Data collection on effects of household consumption have been gathered from national statistics of product categories energy and transport, in terms of fuel and electricity usage for living and mobility. When available, consumption-based data has also been retrieved from general studies on consumption-based household emissions.
For the product categories food and consumer goods results from a model developed by the research project "Policy-Relevant Indicators for National Consumption and Environment" (Naturvårdsverket, 2018) which aims to analyze potential environmental impacts linked to Swedish consumption, both in Sweden and abroad. The model includes that all other countries trade multilaterally (i.e. that they trade with each other), that countries have specific production structures and specific emission intensities per sector. To achieve this, the Prince project has used an international database, Exiobase, which is linked to Sweden's official statistics on national and environmental accounts. The Exiobase database, based on environmental expenditure analyses, was recently updated, which has given a new level to the time series.

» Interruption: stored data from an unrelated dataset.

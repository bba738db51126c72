//! The tests of `locked_node`, and of the theorems about whole systems.
mod counted;
mod nodes;
mod probing;
mod tests;
mod worlds;
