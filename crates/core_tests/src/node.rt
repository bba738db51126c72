//! The tests of `node_core`, and of the theorems about several nodes.
mod agreement;
mod converging;
mod hash_tests;
mod limit_tests;
pub(crate) mod played;
mod reconciling;
mod stories;
pub(crate) mod tests;
pub(crate) mod view_tests;
mod witnesses;
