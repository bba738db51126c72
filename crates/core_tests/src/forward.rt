//! The tests of `forward_core`.
mod tests;
pub(crate) mod views;
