/// 10.0.0.1:1 at 7.
pub(crate) const A_AT_7: Start = Start {
    own: A,
    created: 7,
    weight: 1,
    max: 4096,
};

/// 10.0.0.2:1 at 1.
const B_AT_1: Start = Start {
    own: B,
    created: 1,
    ..A_AT_7
};

/// Stays alive, whatever it is given about itself.
pub(crate) const REFUTES: Case = case! { A_AT_7, "refutes":
    Call::Take((A, 7, Status::Suspect), 0), Told::Taken(1, 1);
    Call::Own, Told::Change((A, 8, Status::Alive));
    Call::Take((A, 6, Status::Faulty), 0), Told::Taken(0, 0);
    Call::Own, Told::Change((A, 8, Status::Alive));
    Call::Take((A, 9, Status::Alive), 0), Told::Taken(1, 0);
    Call::Own, Told::Change((A, 9, Status::Alive));
    Call::Take((A, 9, Status::Tombstone), 0), Told::Taken(1, 1);
    Call::Own, Told::Change((A, 10, Status::Alive));
};

/// Leaves twice, refutes, and comes back twice.
pub(crate) const LEAVES: Case = case! { A_AT_7, "leaves":
    Call::Rejoin, Told::Refused(NodeError::NotLeft);
    Call::Leave, Told::Change((A, 7, Status::Leave));
    Call::Leave, Told::Refused(NodeError::AlreadyLeft);
    Call::Take((A, 9, Status::Alive), 0), Told::Taken(1, 1);
    Call::Own, Told::Change((A, 10, Status::Leave));
    Call::Rejoin, Told::Change((A, 11, Status::Alive));
    Call::Rejoin, Told::Refused(NodeError::NotLeft);
};

/// Takes the first of three changes; the second leaves no incarnation to refute it by. It continues.
pub(crate) const EXHAUSTED: Case = case! { A_AT_7, "exhausted":
    Call::TakeAll(&[(B, 1, Status::Alive), (A, LIMIT, Status::Faulty), (C, 1, Status::Alive)]), Told::Stopped(1, StopCause::Exhausted);
    Call::Member(B), Told::Held(1, Status::Alive);
    Call::Member(C), Told::Nothing;
    Call::Take((C, 2, Status::Suspect), 0), Told::Taken(1, 0);
};

/// Is full with the first of three changes, and continues about the members that it has.
pub(crate) const FULL: Case = case! { Start { max: 2, ..A_AT_7 }, "full":
    Call::TakeAll(&[(B, 1, Status::Alive), (D, 1, Status::Alive), (C, 1, Status::Alive)]), Told::Stopped(1, StopCause::Full);
    Call::Member(B), Told::Held(1, Status::Alive);
    Call::Member(C), Told::Nothing;
    Call::Take((B, 2, Status::Suspect), 0), Told::Taken(1, 0);
    Call::Expire(5_000), Told::Change((B, 2, Status::Faulty));
    Call::Len, Told::Len(2);
    Call::Leave, Told::Change((A, 7, Status::Leave));
    Call::Rejoin, Told::Change((A, 8, Status::Alive));
};
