//! The tests of `cli_core`.
mod changes;
pub(crate) mod fakes;
mod folds;
mod reads;
mod refusals;
mod runs;
mod scripts;
mod subcommands;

In order to acquire comparative numbers on emissions for all Nordic countries on consumption of food and consumer goods, we have done a comparative analysis on all Nordic countries with the Exiobase database, calculating the environmental impact with the input / output method and reports three types of environmental impact: climate impact, emissions of inhalable harmful particles and changes in land use. To perform the analysis, we used data from the multiregional input / output model Exiobase. It contains data based on so-called input / output analyzes of environmental impacts including impacts caused by consumption abroad. The impacts from the selected products originate from Exiobase version 3.8.1, with data from the year 2018 (Stadler et al., 2021).
Available data on consumption-based CO2-equivalents (CO2-e) emissions from private consumption in households show the same pattern across the Nordic countries. Households’ consumption represents over 60% of the total consumption-based CO2-e emissions in Denmark, Finland, Iceland, Norway and Sweden. An Icelandic study lists the countries with the highest environmental burden from Icelandic consumption, which at the time for the study was Ecuador, the Dominican, Republic, Azerbaijan, the Central African Republic and South Sudan. These five countries were burdened with 25% of the Icelandic household consumption-based carbon footprint (Clarke et al., 2017).
Transportation represents the most significant source of greenhouse gas emissions from households’ consumption in all five countries, followed by food and housing (Table 7 in appendix). These results are also coherent with numerous studies, such as Ivanova et al. (2017), and Dubois et al. (2019).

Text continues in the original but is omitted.